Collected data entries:
______________________________

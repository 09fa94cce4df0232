ghost use Rattle.std.specs.Prelude.{◌≡◌, ◌++◌, ◌∷◌, [], drop, OnOk, length};
ghost use Rattle.let_inbox.specs.Sources.{others};
ghost use Rattle.all_to_all.specs.Outgoing.{IsOutgoingOf, unsent_of, sent_of};

use let_inbox::{Inbox, Named, Putter, Spent};
use std::sync::Wait;

// What a rank holds of the other ranks' inboxes: the right to put, and the tokens of what it put.
#[derive(Drop)]
pub(crate) struct Outgoing<M> {
    // the last is for the lowest rank
    pub(crate) unsent: Vec<ToSend<M>>,
    pub(crate) tokens: Vec<Token<M>>,
}

// The right to put the parcel for a rank.
#[derive(Drop)]
pub(crate) struct ToSend<M> {
    pub(crate) target: u32,
    pub(crate) putter: Putter<M>,
}

// What is left of it.
#[derive(Drop)]
pub(crate) struct Token<M> {
    pub(crate) target: u32,
    pub(crate) spent: Spent<M>,
}

impl<M: Named + Drop> Outgoing<M> {
    // Puts the parcel for the next rank.
    pub(crate) fn put_next<R: Wait>(&mut self, rt: &R, inboxes: &[Inbox<M>], parcel: M)
        requires of_inboxes { IsOutgoingOf M.source M.target (length inboxes.now) inboxes.now
            (M.source parcel) self.old }
        requires target { unsent_of self.old ≡ M.target parcel ∷ drop 1 (unsent_of self.old) }
        requires terms { M.has_terms parcel }
        ensures of_inboxes { IsOutgoingOf M.source M.target (length inboxes.now) inboxes.now
            (M.source parcel) self.new }
        ensures unsent { unsent_of self.new ≡ drop 1 (unsent_of self.old) }
        ensures sent { sent_of self.new ≡ sent_of self.old ++ parcel ∷ [] }
    {
        let Some(ToSend { target, putter }) = self.unsent.pop() else {
            unreachable!()
        };
        let spent = inboxes[target as usize].put(rt, putter, parcel);
        self.tokens.push_reserved(Token { target, spent });
    }
}
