ghost use Rattle.std.specs.Prelude.{◌≡◌, ◌++◌, [], length, map, flat_map, All, IsPermutation, OnOk};
ghost use Rattle.let_inbox.specs.Sources.{others};
ghost use Rattle.let_inbox.specs.Tokens.{carried};
ghost use Rattle.all_to_all.specs.Arrivals.{Extends, HaveCome, NothingLay};
ghost use Rattle.all_to_all.specs.Posts.{state_of, IsPostOf, KeepsSources};
ghost use Rattle.all_to_all.specs.Handed.{AreTokensFor};

use crate::incoming::Incoming;
use crate::outgoing::Outgoing;
use let_inbox::{Inbox, Named, Spent, taken};
use std::sync::Wait;

/// What a rank holds of the inboxes of one exchange: the taker of its own inbox, a putter for each other rank's, the
/// tokens of what it put, and the parcels that it took.
#[derive(Drop)]
pub struct Post<M> {
    pub(crate) rank: u32,
    pub(crate) incoming: Incoming<M>,
    pub(crate) outgoing: Outgoing<M>,
}

impl<M: Named + Drop> Post<M> {
    /// Puts the parcels of a rank, one for each other rank, by rank. It takes no memory.
    pub fn send<R: Wait>(&mut self, rt: &R, inboxes: &[Inbox<M>], parcels: Vec<M>)
        requires of_inboxes { IsPostOf M.source M.target M.has_terms inboxes.now self.old }
        requires targets { map M.target parcels.items ≡ (state_of self.old).unsent }
        requires sources { All (λ m. M.source m ≡ (state_of self.old).rank) parcels.items }
        requires terms { All M.has_terms parcels.items }
        ensures of_inboxes { IsPostOf M.source M.target M.has_terms inboxes.now self.new }
        ensures sent { state_of self.new
            ≡ record (state_of self.old) { unsent = []; sent = (state_of self.old).sent ++ parcels.items } }
    {
        for parcel in parcels {
            self.outgoing.put_next(rt, inboxes, parcel);
        }
    }

    /// Takes what has come so far, until the inbox held nothing at a step of this call. It takes no memory.
    pub fn receive<R: Wait>(&mut self, rt: &R, inboxes: &[Inbox<M>])
        requires { IsPostOf M.source M.target M.has_terms inboxes.now self.old }
        ensures of_inboxes { IsPostOf M.source M.target M.has_terms inboxes.now self.new }
        ensures received { state_of self.new
            ≡ record (state_of self.old) { received = (state_of self.new).received } }
        ensures more { Extends (state_of self.old).received (state_of self.new).received }
        ensures nothing { NothingLay M.source M.target M.has_terms (state_of self.new).received }
        ensures came { HaveCome M.source M.target M.has_terms
            (state_of self.new).rank (length inboxes.now) (state_of self.new).received }
    {
        self.incoming.take_all(rt, &inboxes[self.rank as usize]);
    }

    /// Takes all the rest, given the tokens of all that was put for this rank. It takes no memory.
    pub fn settle<R: Wait>(&mut self, rt: &R, inboxes: &[Inbox<M>], tokens: Vec<Spent<M>>)
        requires of_inboxes { IsPostOf M.source M.target M.has_terms inboxes.now self.old }
        requires unsettled { (state_of self.old).settled ≡ [] }
        requires tokens { AreTokensFor M.source inboxes.now (state_of self.old).rank tokens.items }
        ensures of_inboxes { IsPostOf M.source M.target M.has_terms inboxes.now self.new }
        ensures settled { state_of self.new ≡ record (state_of self.old) {
          received = (state_of self.new).received;
          settled = flat_map carried tokens.items;
        } }
        ensures more { Extends (state_of self.old).received (state_of self.new).received }
        ensures all { IsPermutation (flat_map carried tokens.items) (state_of self.new).received }
        ensures sources { IsPermutation (others (state_of self.old).rank (length inboxes.now))
            (map M.source (state_of self.new).received) }
        ensures came { HaveCome M.source M.target M.has_terms
            (state_of self.new).rank (length inboxes.now) (state_of self.new).received }
    {
        self.incoming
            .settle(rt, &inboxes[self.rank as usize], tokens);
    }

    /// The rank whose post it is.
    pub fn rank(&self) -> u32
        ensures { result ≡ (state_of self.now).rank }
    {
        self.rank
    }

    /// The ranks from which parcels were taken, in order.
    pub fn sources(&self) -> &[u32]
        requires { KeepsSources M.source self.now }
        ensures { result.now ≡ map M.source (state_of self.now).received }
    {
        taken(&self.incoming.taker)
    }

    /// The parcels taken, in order.
    pub fn parcels(&self) -> &[M]
        ensures { result.now ≡ (state_of self.now).received }
    {
        self.incoming.parcels.as_slice()
    }

    /// The parcels taken, in order.
    pub fn into_parcels(self) -> Vec<M>
        ensures { result.items ≡ (state_of self).received }
    {
        self.incoming.parcels
    }
}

______________________________

» Work item:
Exact copies of all the entries above are to be printed.

» Task solution:
repository 09fa94cce4df0232
ghost use Rattle.std.specs.Prelude.{◌≡◌, ◌++◌, ◌∷◌, [], drop, OnOk, length};
ghost use Rattle.let_inbox.specs.Sources.{others};
ghost use Rattle.all_to_all.specs.Outgoing.{IsOutgoingOf, unsent_of, sent_of};

use let_inbox::{Inbox, Named, Putter, Spent};
use std::sync::Wait;

// What a rank holds of the other ranks' inboxes: the right to put, and the tokens of what it put.
#[derive(Drop)]
pub(crate) struct Outgoing<M> {
    // the last is for the lowest rank
    pub(crate) unsent: Vec<ToSend<M>>,
    pub(crate) tokens: Vec<Token<M>>,
}

// The right to put the parcel for a rank.
#[derive(Drop)]
pub(crate) struct ToSend<M> {
    pub(crate) target: u32,
    pub(crate) putter: Putter<M>,
}

// What is left of it.
#[derive(Drop)]
pub(crate) struct Token<M> {
    pub(crate) target: u32,
    pub(crate) spent: Spent<M>,
}

impl<M: Named + Drop> Outgoing<M> {
    // Puts the parcel for the next rank.
    pub(crate) fn put_next<R: Wait>(&mut self, rt: &R, inboxes: &[Inbox<M>], parcel: M)
        requires of_inboxes { IsOutgoingOf M.source M.target (length inboxes.now) inboxes.now
            (M.source parcel) self.old }
        requires target { unsent_of self.old ≡ M.target parcel ∷ drop 1 (unsent_of self.old) }
        requires terms { M.has_terms parcel }
        ensures of_inboxes { IsOutgoingOf M.source M.target (length inboxes.now) inboxes.now
            (M.source parcel) self.new }
        ensures unsent { unsent_of self.new ≡ drop 1 (unsent_of self.old) }
        ensures sent { sent_of self.new ≡ sent_of self.old ++ parcel ∷ [] }
    {
        let Some(ToSend { target, putter }) = self.unsent.pop() else {
            unreachable!()
        };
        let spent = inboxes[target as usize].put(rt, putter, parcel);
        self.tokens.push_reserved(Token { target, spent });
    }
}
ghost use Rattle.std.specs.Prelude.{◌≡◌, ◌++◌, [], length, map, flat_map, All, IsPermutation, OnOk};
ghost use Rattle.let_inbox.specs.Sources.{others};
ghost use Rattle.let_inbox.specs.Tokens.{carried};
ghost use Rattle.all_to_all.specs.Arrivals.{Extends, HaveCome, NothingLay};
ghost use Rattle.all_to_all.specs.Posts.{state_of, IsPostOf, KeepsSources};
ghost use Rattle.all_to_all.specs.Handed.{AreTokensFor};

use crate::incoming::Incoming;
use crate::outgoing::Outgoing;
use let_inbox::{Inbox, Named, Spent, taken};
use std::sync::Wait;

/// What a rank holds of the inboxes of one exchange: the taker of its own inbox, a putter for each other rank's, the
/// tokens of what it put, and the parcels that it took.
#[derive(Drop)]
pub struct Post<M> {
    pub(crate) rank: u32,
    pub(crate) incoming: Incoming<M>,
    pub(crate) outgoing: Outgoing<M>,
}

impl<M: Named + Drop> Post<M> {
    /// Puts the parcels of a rank, one for each other rank, by rank. It takes no memory.
    pub fn send<R: Wait>(&mut self, rt: &R, inboxes: &[Inbox<M>], parcels: Vec<M>)
        requires of_inboxes { IsPostOf M.source M.target M.has_terms inboxes.now self.old }
        requires targets { map M.target parcels.items ≡ (state_of self.old).unsent }
        requires sources { All (λ m. M.source m ≡ (state_of self.old).rank) parcels.items }
        requires terms { All M.has_terms parcels.items }
        ensures of_inboxes { IsPostOf M.source M.target M.has_terms inboxes.now self.new }
        ensures sent { state_of self.new
            ≡ record (state_of self.old) { unsent = []; sent = (state_of self.old).sent ++ parcels.items } }
    {
        for parcel in parcels {
            self.outgoing.put_next(rt, inboxes, parcel);
        }
    }

    /// Takes what has come so far, until the inbox held nothing at a step of this call. It takes no memory.
    pub fn receive<R: Wait>(&mut self, rt: &R, inboxes: &[Inbox<M>])
        requires { IsPostOf M.source M.target M.has_terms inboxes.now self.old }
        ensures of_inboxes { IsPostOf M.source M.target M.has_terms inboxes.now self.new }
        ensures received { state_of self.new
            ≡ record (state_of self.old) { received = (state_of self.new).received } }
        ensures more { Extends (state_of self.old).received (state_of self.new).received }
        ensures nothing { NothingLay M.source M.target M.has_terms (state_of self.new).received }
        ensures came { HaveCome M.source M.target M.has_terms
            (state_of self.new).rank (length inboxes.now) (state_of self.new).received }
    {
        self.incoming.take_all(rt, &inboxes[self.rank as usize]);
    }

    /// Takes all the rest, given the tokens of all that was put for this rank. It takes no memory.
    pub fn settle<R: Wait>(&mut self, rt: &R, inboxes: &[Inbox<M>], tokens: Vec<Spent<M>>)
        requires of_inboxes { IsPostOf M.source M.target M.has_terms inboxes.now self.old }
        requires unsettled { (state_of self.old).settled ≡ [] }
        requires tokens { AreTokensFor M.source inboxes.now (state_of self.old).rank tokens.items }
        ensures of_inboxes { IsPostOf M.source M.target M.has_terms inboxes.now self.new }
        ensures settled { state_of self.new ≡ record (state_of self.old) {
          received = (state_of self.new).received;
          settled = flat_map carried tokens.items;
        } }
        ensures more { Extends (state_of self.old).received (state_of self.new).received }
        ensures all { IsPermutation (flat_map carried tokens.items) (state_of self.new).received }
        ensures sources { IsPermutation (others (state_of self.old).rank (length inboxes.now))
            (map M.source (state_of self.new).received) }
        ensures came { HaveCome M.source M.target M.has_terms
            (state_of self.new).rank (length inboxes.now) (state_of self.new).received }
    {
        self.incoming
            .settle(rt, &inboxes[self.rank as usize], tokens);
    }

    /// The rank whose post it is.
    pub fn rank(&self) -> u32
        ensures { result ≡ (state_of self.now).rank }
    {
        self.rank
    }

    /// The ranks from which parcels were taken, in order.
    pub fn sources(&self) -> &[u32]
        requires { KeepsSources M.source self.now }
        ensures { result.now ≡ map M.source (state_of self.now).received }
    {
        taken(&self.incoming.taker)
    }

    /// The parcels taken, in order.
    pub fn parcels(&self) -> &[M]
        ensures { result.now ≡ (state_of self.now).received }
    {
        self.incoming.parcels.as_slice()
    }

    /// The parcels taken, in order.
    pub fn into_parcels(self) -> Vec<M>
        ensures { result.items ≡ (state_of self).received }
    {
        self.incoming.parcels
    }
}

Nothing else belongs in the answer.